Working from the top of the records below, reproduce each line exactly, ending once you have written the line containing "and a link is".

↓

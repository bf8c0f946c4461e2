//! A door that lets many clients in at once. The bytes of each are read as they come, beside the others', and a link is
//! handed out only once its client's first message is whole or the client has ended. So each read of a link comes from
//! memory. What is written to a link is kept in memory and sent as its client takes it, again beside the others, once the
//! link was given back.
//!
//! One thread does all of it, over `mio` (epoll). The client that is let in waits for its message to be whole, is due, is
//! out as a link, gets its reply, and is let go; `Crowd` holds all clients and counts them. A client that is late is let
//! go by the door and never is a link. What a client sends and gets is beyond what can be proved where the stream is the
//! system's; of streams that tell their bytes it is proved.
#![tactic(auto)]

mod client;
mod crowd;
mod desk;
mod door;
mod leaving;
mod limits;
mod link;
mod peer;
mod port;
mod settles;
mod socket;
mod timed;

pub use door::PortDoor;
pub use limits::Limits;
pub use link::PortLink;
pub use settles::{Lack, Settles};
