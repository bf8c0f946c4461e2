//! A client that gets its reply.
ghost use Rattle.std.specs.Prelude.{◌≡◌, ◌≤◌, ◌<◌, ◌+◌, true, false, IfOk, OnErr, length, vec_len};
ghost use Rattle.std.specs.Io.KnownBytes.{Keeps};
ghost use Rattle.bw_door.specs.Ends.{HadNoFault};
ghost use Rattle.bw_door.specs.Flows.{sent_to};
ghost use Rattle.bw_door.specs.Times.{is_reply_late};

use crate::limits::{Limits, is_over};
use crate::link::PortLink;
use crate::peer::Peer;
use crate::socket::{Socket, Told};
use crate::timed::Timed;
use mio::Registry;
use mio::net::TcpStream;
use std::alloc::Global;
use std::io::{ErrorKind, Write};
use std::mem;

/// How many bytes of what a client still sends behind its message are read and dropped.
const DROPPED_BYTES: usize = 65_536;

/// Why no byte was taken.
#[derive(Clone, Copy)]
enum Stop {
    /// None is taken now.
    Full,
    /// The stream has failed.
    Broken,
}

/// What came of sending to a client.
#[derive(Clone, Copy)]
pub(crate) enum Went {
    /// It is waited for.
    Waits,
    /// All is done, or nothing more can be.
    Over,
}

/// A client that gets its reply, and then has a little time to end.
#[derive(Drop)]
pub(crate) struct Leaving<S> {
    socket: Socket<S>,

    /// The reply, and how many of its bytes the client has taken.
    reply: Vec<u8>,
    count: usize,

    /// It was told that nothing more comes.
    told: bool,

    /// How much of what it still sent was dropped.
    dropped: usize,

    /// When its reply was there, in milliseconds, and when it last took some of it.
    begun: u64,
    moved: u64,
    ghost within: { count ≤ vec_len reply },
    ghost all: { told ≡ true → count ≡ vec_len reply },
}

/// Writes once, from a place on, and says how many bytes were taken: none where the write was interrupted.
fn put_bytes<S: Write>(stream: &mut S, bytes: &[u8], from: usize) -> Result<usize, Stop>
    requires { from < length bytes.now }
    ensures bound { IfOk result (λ n. from + n ≤ length bytes.now) }
    ensures kept { IfOk result (λ n. Keeps (sent_to (S.contents stream.old) from bytes.now) (sent_to (S.contents stream.new) (from + n) bytes.now)) }
    ensures none { OnErr result (Keeps (S.contents stream.old) (S.contents stream.new)) }
{
    match stream.write(&bytes[from..]) {
        Ok(0) => Err(Stop::Broken),
        Ok(count) => Ok(count),
        Err(error) => match error.kind() {
            ErrorKind::WouldBlock => Err(Stop::Full),
            ErrorKind::Interrupted => Ok(0),
            _ => Err(Stop::Broken),
        },
    }
}

impl<S> Leaving<S> {
    /// The client of a link of which no call has failed, with what was written to it.
    pub(crate) fn new(link: PortLink<S>, now: u64) -> Self
        requires { HadNoFault link }
        ensures socket { result.socket ≡ link.socket }
        ensures reply { result.reply ≡ link.outbox }
        ensures count { result.count ≡ 0 }
        ensures told { result.told ≡ false }
    {
        let (socket, reply) = link.into_parts();
        Leaving {
            socket,
            reply,
            count: 0,
            told: false,
            dropped: 0,
            begun: now,
            moved: now,
        }
    }

    /// How much memory its reply has.
    pub(crate) fn kept(&self) -> usize {
        self.reply.capacity()
    }

    /// The memory of its reply, once it has all of it.
    pub(crate) fn take_memory(&mut self, alloc: Global) -> Option<Vec<u8>>
        ensures socket { self.new.socket ≡ self.old.socket }
    {
        if !self.told {
            return None;
        }
        let reply = mem::replace(&mut self.reply, Vec::new(alloc));
        self.count = 0;
        Some(reply)
    }
}

impl<S> Told for Leaving<S> {
    fn is_told_as(&self, token: usize) -> bool {
        self.socket.is_told_as(token)
    }
}

impl<S> Timed for Leaving<S> {
    ghost late = { λ limits now leaving. is_reply_late limits now leaving.told leaving.begun leaving.moved };

    fn is_late(&self, limits: Limits, now: u64) -> bool {
        if self.told {
            is_over(self.moved, now, limits.ending)
        } else {
            is_over(self.moved, now, limits.stuck) || is_over(self.begun, now, limits.reply)
        }
    }
}

impl<S: Write> Leaving<S> {
    /// Sends what the client takes now. In all it gets the reply, in its order.
    fn send(&mut self, now: u64) -> Went
        requires { self.old.told ≡ false }
        ensures kept { result ≡ Went.Waits → Keeps
            (sent_to (S.contents self.old.socket.stream) self.old.count self.old.reply.items)
            (sent_to (S.contents self.new.socket.stream) self.new.count self.new.reply.items) }
        ensures reply { self.new.reply ≡ self.old.reply }
        ensures told { self.new.told ≡ false }
    {
        'writes: for _turn in 0..u64::MAX {
            if self.count == self.reply.len() {
                return Went::Waits;
            }
            match put_bytes(&mut self.socket.stream, &self.reply, self.count) {
                Ok(count) => {
                    self.count += count;
                    self.moved = now;
                }
                Err(Stop::Full) => return Went::Waits,
                Err(Stop::Broken) => return Went::Over,
            }
        }
        Went::Over
    }
}

impl<S: Peer> Leaving<S> {
    /// Goes on with a client: sends what it takes, says that nothing more comes once it has all, and then drops what it
    /// still sends, at most 65,536 bytes. So a client that was refused in the midst of its body reads the reply and no
    /// reset (RFC 9112, section 9.6).
    pub(crate) fn go_on(&mut self, room: &mut [u8], now: u64) -> Went
        requires { 0 < length room.old }
        ensures kept { result ≡ Went.Waits → Keeps
            (sent_to (S.contents self.old.socket.stream) self.old.count self.old.reply.items)
            (sent_to (S.contents self.new.socket.stream) self.new.count self.new.reply.items) }
        ensures reply { self.new.reply ≡ self.old.reply }
    {
        if !self.told {
            if let Went::Over = self.send(now) {
                return Went::Over;
            }
            if self.count < self.reply.len() {
                return Went::Waits;
            }
            if !self.socket.stream.end_sending() {
                return Went::Over;
            }
            self.told = true;
            self.moved = now;

            // What is there by then is told once changes are, so it need not be looked for now.
            if !self.socket.is_told() {
                return Went::Waits;
            }
        }
        self.drop_rest(room)
    }

    /// Drops what the client still sends.
    fn drop_rest(&mut self, room: &mut [u8]) -> Went
        requires { 0 < length room.old }
        ensures kept { Keeps (S.contents self.old.socket.stream) (S.contents self.new.socket.stream) }
        ensures reply { self.new.reply ≡ self.old.reply }
        ensures count { self.new.count ≡ self.old.count }
    {
        'reads: for _turn in 0..=DROPPED_BYTES {
            match self.socket.stream.skip(room) {
                Ok(0) => return Went::Over,
                Ok(count) => {
                    self.dropped = self.dropped.saturating_add(count);
                    if self.dropped >= DROPPED_BYTES {
                        return Went::Over;
                    }
                }
                Err(error) => match error.kind() {
                    ErrorKind::WouldBlock => return Went::Waits,
                    ErrorKind::Interrupted => {}
                    _ => return Went::Over,
                },
            }
        }
        Went::Over
    }
}

impl Leaving<TcpStream> {
    /// It is told from now on when there is more to do, under a token of this place. It says whether it is.
    pub(crate) fn watch(&mut self, registry: &Registry, token: usize) -> bool
        ensures stream { self.new.socket.stream ≡ self.old.socket.stream }
        ensures reply { (self.new.reply ≡ self.old.reply) × (self.new.count ≡ self.old.count) }
    {
        self.socket.watch(registry, token, !self.told)
    }
}
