//! A client whose first message is awaited.
ghost use Rattle.std.specs.Prelude.{◌≡◌, ◌≢◌, ◌≤◌, ◌<◌, ◌+◌, [], true, length, vec_len};
ghost use Rattle.std.specs.Io.KnownBytes.{IsAtEnd, Keeps};
ghost use Rattle.bw_door.specs.Flows.{sent_by};
ghost use Rattle.bw_door.specs.Times.{is_message_late};
ghost use Rattle.bw_door.specs.declared.desk.TheConstants.{AT_ONCE};

use crate::limits::{Limits, is_over};
use crate::settles::{Lack, Settles};
use crate::socket::{Socket, Told};
use crate::timed::Timed;
use mio::Registry;
use mio::net::TcpStream;
use std::alloc::Global;
use std::io::{ErrorKind, Read};

/// How many bytes of a client are read before it is looked at what they are: as many as the longest message has. One
/// read may go beyond them.
const ROOM: usize = 81_920;

/// How many reads one look at a client makes at most.
const READS: u32 = 81_921;

/// What one read gave.
#[derive(Clone, Copy)]
enum Got {
    /// Bytes, or nothing yet, and there may be more.
    More,
    /// Nothing is there now.
    Nothing,
    /// The client has ended.
    End,
    /// The stream has failed, or there was no memory.
    Broken,
}

/// What came of reading from a client.
#[derive(Clone, Copy)]
pub(crate) enum Heard {
    /// Its message isn't whole, and nothing is there now.
    Waits,
    /// Its message is whole.
    Whole,
    /// It has ended.
    Ended,
    /// The stream has failed, there was no memory, or so many bytes came that no message has as many.
    Broken,
}

/// A client whose first message is awaited.
#[derive(Drop)]
pub(crate) struct Client<S> {
    socket: Socket<S>,

    /// What was read of it.
    inbox: Vec<u8>,

    /// What has to come before its bytes are looked at again.
    lack: Lack,

    /// When it came, in milliseconds, and when it was last heard.
    came: u64,
    heard: u64,
    ghost small: { vec_len inbox ≤ 98304 },
}

/// Takes bytes of a stream, as many as one read gives, behind those that were taken before.
fn take_bytes<S: Read>(stream: &mut S, inbox: &mut Vec<u8>, room: &mut [u8]) -> Got
    requires { 0 < length room.old }
    ensures kept { result ≢ Got.Broken → Keeps (sent_by inbox.old.items (S.remaining stream.old)) (sent_by inbox.new.items (S.remaining stream.new)) }
    ensures end { result ≡ Got.End → IsAtEnd (S.remaining stream.new) }
    ensures few { vec_len inbox.new ≤ vec_len inbox.old + length room.old }
{
    match stream.read(room) {
        Ok(0) => Got::End,
        Ok(count) => match inbox.extend_from_slice(&room[..count]) {
            Ok(()) => Got::More,
            Err(_) => Got::Broken,
        },
        Err(error) => match error.kind() {
            ErrorKind::WouldBlock => Got::Nothing,
            ErrorKind::Interrupted => Got::More,
            _ => Got::Broken,
        },
    }
}

/// Whether it is worth to look at the bytes, of which those from a place on are new.
fn is_worth(lack: Lack, bytes: &[u8], held: usize) -> bool {
    match lack {
        Lack::Bytes(need) => bytes.len() >= need,
        Lack::Line => match bytes.get(held..) {
            Some(fresh) => fresh.contains(&b'\n'),
            None => false,
        },
    }
}

impl<S> Client<S> {
    /// A client that has just come, of which nothing was read.
    pub(crate) fn new(alloc: Global, stream: S, now: u64) -> Self
        ensures stream { result.socket.stream ≡ stream }
        ensures inbox { result.inbox.items ≡ [] }
    {
        Client {
            socket: Socket::new(stream),
            inbox: Vec::new(alloc),
            lack: Lack::Line,
            came: now,
            heard: now,
        }
    }

    /// When it was last heard, and of those that were heard at the same time the number.
    pub(crate) fn quiet_since(&self) -> (u64, usize) {
        (self.heard, self.socket.number())
    }

    /// Its stream, and what was read of it.
    pub(crate) fn into_parts(self) -> (Socket<S>, Vec<u8>)
        ensures socket { result.0 ≡ self.socket }
        ensures inbox { result.1 ≡ self.inbox }
    {
        let Client { socket, inbox, .. } = self;
        (socket, inbox)
    }

    /// Whether the message is whole, of which the bytes from a place on are new.
    fn is_whole<W: Settles>(&mut self, settles: &mut W, held: usize) -> bool
        ensures whole { result ≡ true → ∥ W.settled self.new.inbox.items ∥₁ }
        ensures socket { self.new.socket ≡ self.old.socket }
        ensures inbox { self.new.inbox ≡ self.old.inbox }
    {
        if !is_worth(self.lack, &self.inbox, held) {
            return false;
        }
        match settles.lack(&self.inbox) {
            None => true,
            Some(lack) => {
                self.lack = lack;
                false
            }
        }
    }
}

impl<S> Told for Client<S> {
    fn is_told_as(&self, token: usize) -> bool {
        self.socket.is_told_as(token)
    }
}

impl<S> Timed for Client<S> {
    ghost late = { λ limits now client. is_message_late limits now client.came client.heard };

    fn is_late(&self, limits: Limits, now: u64) -> bool {
        is_over(self.heard, now, limits.silent) || is_over(self.came, now, limits.message)
    }
}

impl<S: Read> Client<S> {
    /// Reads what is there, until the message is whole. Nothing that the client sends is lost, unless it is to be let go.
    pub(crate) fn read<W: Settles>(&mut self, room: &mut [u8], settles: &mut W, now: u64) -> Heard
        requires some { 0 < length room.old }
        requires few { length room.old ≤ AT_ONCE }
        ensures kept { result ≢ Heard.Broken → Keeps
            (sent_by self.old.inbox.items (S.remaining self.old.socket.stream))
            (sent_by self.new.inbox.items (S.remaining self.new.socket.stream)) }
        ensures whole { result ≡ Heard.Whole → ∥ W.settled self.new.inbox.items ∥₁ }
        ensures ended { result ≡ Heard.Ended → IsAtEnd (S.remaining self.new.socket.stream) }
    {
        'reads: for _turn in 0..READS {
            let held = self.inbox.len();
            if held > ROOM {
                return Heard::Broken;
            }
            match take_bytes(&mut self.socket.stream, &mut self.inbox, room) {
                Got::Nothing => return Heard::Waits,
                Got::End => return Heard::Ended,
                Got::Broken => return Heard::Broken,
                Got::More => {
                    self.heard = now;
                    if self.is_whole(settles, held) {
                        return Heard::Whole;
                    }
                }
            }
        }
        Heard::Broken
    }
}

impl Client<TcpStream> {
    /// It is told from now on when there may be more to read, under a token of this place. It says whether it is.
    pub(crate) fn watch(&mut self, registry: &Registry, token: usize) -> bool
        ensures stream { self.new.socket.stream ≡ self.old.socket.stream }
        ensures inbox { self.new.inbox ≡ self.old.inbox }
    {
        self.socket.watch(registry, token, false)
    }
}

↑

*RESPONSE AREA*:
repository bf8c0f946c4461e2
//! A door that lets many clients in at once. The bytes of each are read as they come, beside the others', and a link is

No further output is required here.